> _YOUR ASSIGNMENT_
Go through the following data and transcribe exactly the stretch of lines from the one holding "batch doesn't exist." to the one holding "row_laws::lines_by_rows();", both included.

> _MATERIAL FOR THIS EXERCISE_

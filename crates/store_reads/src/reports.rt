//! Reads the record lines of a batch, and the account of a product's blanks.
ghost use Rattle.std.specs.Prelude.{false, ◌≡◌, ◌<◌, ◌^◌};
ghost use Rattle.sqlite.specs.Held.{state};
ghost use Rattle.job_facts.specs.Accounts.{blank_totals, record_lines};
ghost use Rattle.store_reads.specs.Lines.{lines_with};
ghost use Rattle.store_reads.specs.ReadsContents.{FindsContents};

use crate::lines::lines_for;
use crate::sums::totals_of_rows;
use job_facts::{BlankTotals, RecordLine};
use row_reads::{batch_id, batches_of, good_sessions, lots_of, records_of};
use sqlite::{Alter, Connection, Error};
use store_data::Name;

// Returns the lines of the records of the batch with the id `id`, in file order.
fn lines_with<S: Alter>(conn: &mut Connection<S>, id: u64) -> Result<Vec<RecordLine>, Error>
    requires idle { conn.old.in_transaction ≡ false }
    requires id { id < 2 ^ 63 }
    ensures { FindsContents (state S.Store conn.old) (state S.Store conn.new) result
        (λ c lines. lines.items ≡ lines_with c.facts id) }
{
    row_laws::records_of_batches();
    let records = records_of(conn, id)?;
    let good = good_sessions(conn, id)?;
    let alloc = *records.allocator();
    lines_for(alloc, records.as_slice(), good.as_slice())
}

/// Returns a line for each record of the batch `batch`, in file order. The list is empty if the
/// batch doesn't exist.
pub fn record_lines<S: Alter>(
    conn: &mut Connection<S>,
    batch: &Name,
) -> Result<Vec<RecordLine>, Error>
    requires { conn.old.in_transaction ≡ false }
    ensures { FindsContents (state S.Store conn.old) (state S.Store conn.new) result
        (λ c lines. lines.items ≡ record_lines c.facts batch.now) }
{
    row_laws::batches_by_name();
    row_laws::lines_by_rows();
    // No batch has the id 0, so a batch that doesn't exist has no records.
    let id = batch_id(conn, batch)?.unwrap_or(0);
    lines_with(conn, id)
}

/// Returns the counters of the blanks of the product `product`.
pub fn blank_totals<S: Alter>(
    conn: &mut Connection<S>,
    product: &Name,
) -> Result<BlankTotals, Error>
    requires { conn.old.in_transaction ≡ false }
    ensures { FindsContents (state S.Store conn.old) (state S.Store conn.new) result
        (λ c answer. answer ≡ blank_totals c.facts product.now) }
{
    row_laws::blanks_by_rows();
    let lots = lots_of(conn, product)?;
    let heads = batches_of(conn, product)?;
    totals_of_rows(lots.as_slice(), heads.as_slice())
}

> _RESPONSE FOR THIS EXERCISE_
/// batch doesn't exist.
pub fn record_lines<S: Alter>(
    conn: &mut Connection<S>,
    batch: &Name,
) -> Result<Vec<RecordLine>, Error>
    requires { conn.old.in_transaction ≡ false }
    ensures { FindsContents (state S.Store conn.old) (state S.Store conn.new) result
        (λ c lines. lines.items ≡ record_lines c.facts batch.now) }
{
    row_laws::batches_by_name();
    row_laws::lines_by_rows();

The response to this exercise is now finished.